PROBLEM STATEMENT.
From the entries below, report only the number of lines that contain the word "Option".

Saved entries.
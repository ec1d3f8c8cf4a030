//! What is told of secrets.

use aes_block::{Key, Secret};

#[test]
fn tells_of_a_secret_and_of_a_key_its_length_alone(rt: HostRuntime) {
    let short = Secret::S128([7; 16]);
    let long = Secret::S256([7; 32]);
    let key = Key::of(&short);
    let long_key = Key::of(&long);
    let shown = format!(in rt.alloc(); "{short:?} {long:?} {key:?} {long_key:?}");
    assert_eq!(rt;
        shown.expect(&rt, "memory").as_str(),
        "Secret(128 bits) Secret(256 bits) Key(128 bits) Key(256 bits)"
    );
}
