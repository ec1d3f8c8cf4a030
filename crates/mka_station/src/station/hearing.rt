//! A frame is heard: it is judged, and what it says is taken.

ghost use Rattle.std.specs.Prelude.{◌≡◌, ◌<◌, ◌+◌, ◌^◌, ◌∷◌, List, ℕ, false, Ok, Err, IfOk, OnOk, OnErr};
ghost use Rattle.lan_base.specs.declared.address.Mi.{Mi};
ghost use Rattle.peer_lists.specs.Acceptance.{Own};
ghost use Rattle.peer_lists.specs.Histories.{Peering};
ghost use Rattle.peer_lists.specs.Table.{StandsFor as PeersStandFor};
ghost use Rattle.sak_exchange.specs.Histories.{Keying};
ghost use Rattle.sak_exchange.specs.Outcomes.{beginning};
ghost use Rattle.sak_exchange.specs.Standing.{StandsFor as KeysStandFor};
ghost use Rattle.mka_station.specs.declared.verdict.DropReason.{DropReason};
ghost use Rattle.mka_station.specs.Lives.{Member, Entry, heard, own, peers_of};
ghost use Rattle.mka_station.specs.Views.{view};
ghost use Rattle.mka_station.specs.Hearing.{judged, hear_turn, heard_turn, frame_turn, outcome_of, take_changes, key_taken, is_accepted, verdict_of};
ghost use Rattle.mka_station.specs.Standing.{StandsFor, HasRoom};
ghost use Rattle.mka_station.specs.inside.Reached.{IsHeard};
ghost use Rattle.mka_station.specs.inside.Turns.{offered_by, answered, keys_with, followed_by};

use super::{Station, new_server};
use crate::changes::{joined, one_installs};
use crate::judging::judge;
use crate::next::Hearing;
use crate::reaction::Reaction;
use crate::rows::is_server;
use crate::telling::{is_listed, told};
use crate::verdict::{DropReason, Verdict};
use aes_block::Key;
use lan_base::Mi;
use mkpdu_codec::Announcement;
use peer_lists::{Outcome, PeerTable};
use sak_exchange::{Changes, KeyState, Offer};
use std::alloc::{AllocError, Global};
use std::mem::swap;

impl Station {
    /// A frame is heard. One that is dropped by its form, its group's name or its check value
    /// changes nothing.
    pub fn hear(&mut self, frame: &[u8]) -> Result<Reaction, AllocError>
        requires room { HasRoom self.old }
        ensures reaction { (m : Member) (p : List Entry) → StandsFor m self.old p →
            IfOk result (λ r. r ≡ (frame_turn m frame.now p).reaction) }
        ensures stands { (m : Member) (p : List Entry) → StandsFor m self.old p →
            OnOk result (StandsFor m self.new (frame_turn m frame.now p).past) }
        ensures dropped { (r : DropReason) → judged self.old.setup frame.now ≡ Err r →
            self.new ≡ self.old }
        ensures unchanged { OnErr result (self.new ≡ self.old) }
    {
        let judgement = judge(self.alloc, &self.config.group, frame)?;
        self.hear_judged(&judgement)
    }

    /// A frame is heard that was judged for the station's group.
    pub fn hear_judged(
        &mut self,
        judgement: &Result<Announcement, DropReason>,
    ) -> Result<Reaction, AllocError>
        requires room { HasRoom self.old }
        ensures reaction { (m : Member) (p : List Entry) → StandsFor m self.old p →
            IfOk result (λ r. r ≡ (heard_turn m judgement.now p).reaction) }
        ensures stands { (m : Member) (p : List Entry) → StandsFor m self.old p →
            OnOk result (StandsFor m self.new (heard_turn m judgement.now p).past) }
        ensures dropped { (r : DropReason) → judgement.now ≡ Err r → self.new ≡ self.old }
        ensures unchanged { OnErr result (self.new ≡ self.old) }
    {
        match judgement {
            Ok(announcement) => self.hear_announcement(announcement),
            Err(reason) => Ok(Reaction {
                heard: Some(Verdict::Dropped(*reason)),
                server: None,
                changes: Changes::new(self.alloc),
                sent: None,
            }),
        }
    }

    /// An announcement is heard in a frame that is right.
    fn hear_announcement(&mut self, announcement: &Announcement) -> Result<Reaction, AllocError>
        requires room { HasRoom self.old }
        ensures reaction { (m : Member) (p : List Entry) → StandsFor m self.old p →
            IfOk result (λ r. r ≡ (hear_turn m announcement.now p).reaction) }
        ensures stands { (m : Member) (p : List Entry) → StandsFor m self.old p →
            OnOk result (StandsFor m self.new (hear_turn m announcement.now p).past) }
        ensures unchanged { OnErr result (self.new ≡ self.old) }
    {
        let outcome = hear_in(&mut self.spare, &self.peers, &self.mi, announcement);
        let server = self.peer_view.elect(&self.config, &self.mi, &self.spare);
        let heard = self.after_hearing(&self.spare, outcome, server, announcement)?;
        let Hearing {
            keys,
            server,
            installs,
            reaction,
        } = heard;
        swap(&mut self.peers, &mut self.spare);
        self.settle(keys, server, installs);
        Ok(reaction)
    }

    /// What a hearing comes to, behind which peer lists and server are these.
    fn after_hearing(
        &self,
        peers: &PeerTable,
        outcome: Outcome,
        server: Option<Mi>,
        announcement: &Announcement,
    ) -> Result<Hearing, AllocError>
        requires room { HasRoom self.now }
        ensures { (m : Member) (p : List Entry) → StandsFor m self.now p →
            PeersStandFor (own m) peers.now (peers_of m (heard announcement.now ∷ p)) →
            outcome ≡ outcome_of m p announcement.now →
            server ≡ (view m (heard announcement.now ∷ p)).server →
            IfOk result (IsHeard m p announcement.now) }
    {
        let mut keys = self.keys().copied(self.alloc)?;
        let offer = offered(outcome, peers, self.mi(), server, announcement);
        let taken = take(self.alloc, self.kek(), &mut keys, offer)?;
        let followed = follow(self.alloc, &mut keys, outcome, server, announcement)?;
        let installs = one_installs(&taken);
        let changes = joined(taken, &followed)?;
        Ok(Hearing {
            keys,
            server,
            installs,
            reaction: Reaction {
                heard: Some(verdict_of(outcome)),
                server: new_server(self.server(), server),
                changes,
                sent: None,
            },
        })
    }
}

/// An announcement is heard in peer lists that become the same as these first.
fn hear_in(
    spare: &mut PeerTable,
    peers: &PeerTable,
    mi: &Mi,
    announcement: &Announcement,
) -> Outcome
    ensures answer { (m : Member) (p : List Entry) → m.mi ≡ mi.now →
        PeersStandFor (own m) peers.now (peers_of m p) →
        result ≡ outcome_of m p announcement.now }
    ensures stands { (m : Member) (p : List Entry) → m.mi ≡ mi.now →
        PeersStandFor (own m) peers.now (peers_of m p) →
        PeersStandFor (own m) spare.new (peers_of m (heard announcement.now ∷ p)) }
{
    spare.copy_from(peers);
    spare.hear(&told(mi, peers, announcement))
}

/// What hearing comes to, by what the peer lists answer.
fn verdict_of(outcome: Outcome) -> Verdict
    ensures { result ≡ verdict_of outcome }
{
    match outcome {
        Outcome::Vouched => Verdict::Vouched,
        Outcome::Unvouched => Verdict::Unvouched,
        Outcome::Dropped(refusal) => Verdict::Dropped(DropReason::Refused(refusal)),
    }
}

/// The key that an announcement offers that came to this, if it was accepted and gives one.
fn offered(
    outcome: Outcome,
    peers: &PeerTable,
    mi: &Mi,
    server: Option<Mi>,
    announcement: &Announcement,
) -> Option<Offer>
    ensures { (own : Own) (h : List Peering) → PeersStandFor own peers.now h →
        result ≡ offered_by outcome h mi.now server announcement.now }
{
    let Some(given) = announcement.given else {
        return None;
    };
    if !is_accepted(outcome) {
        return None;
    }
    Some(Offer {
        given,
        server: announcement.mi,
        listed: is_listed(mi, peers, announcement.live.as_slice()),
        elected: is_server(server, &announcement.mi),
    })
}

/// Whether what was heard is accepted.
fn is_accepted(outcome: Outcome) -> bool
    ensures { result ≡ is_accepted outcome }
{
    match outcome {
        Outcome::Vouched | Outcome::Unvouched => true,
        Outcome::Dropped(_) => false,
    }
}

/// A key that is offered is taken, or told why not.
fn take(
    alloc: Global,
    kek: &Key,
    keys: &mut KeyState,
    offer: Option<Offer>,
) -> Result<Changes, AllocError>
    requires few { keys.old.epochs + 1 < 2 ^ 32 }
    ensures changes { (base : ℕ) (own : Mi) (h : List Keying) →
        KeysStandFor base own false keys.old h →
        IfOk result (λ c. c ≡ take_changes h offer (answered base kek.now h offer)) }
    ensures stands { (base : ℕ) (own : Mi) (h : List Keying) →
        KeysStandFor base own false keys.old h →
        OnOk result (KeysStandFor base own false keys.new
        (keys_with (key_taken (answered base kek.now h offer)) h)) }
{
    match offer {
        Some(offer) => keys.take(&offer, kek),
        None => Ok(Changes::new(alloc)),
    }
}

/// The latest key begins, where the elected server says in a vouched announcement that it transmits
/// under it.
fn follow(
    alloc: Global,
    keys: &mut KeyState,
    outcome: Outcome,
    server: Option<Mi>,
    announcement: &Announcement,
) -> Result<Changes, AllocError>
    ensures changes { (base : ℕ) (own : Mi) (h : List Keying) →
        KeysStandFor base own false keys.old h →
        IfOk result (λ c. c
        ≡ (beginning h (followed_by outcome server announcement.now h)).changes) }
    ensures stands { (base : ℕ) (own : Mi) (h : List Keying) →
        KeysStandFor base own false keys.old h →
        OnOk result (KeysStandFor base own false keys.new
        (beginning h (followed_by outcome server announcement.now h)).past) }
{
    match (outcome, &announcement.uses) {
        (Outcome::Vouched, Some(uses)) if is_server(server, &announcement.mi) => keys.follow(uses),
        _ => Ok(Changes::new(alloc)),
    }
}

SOLUTION FOR THIS TASK.
5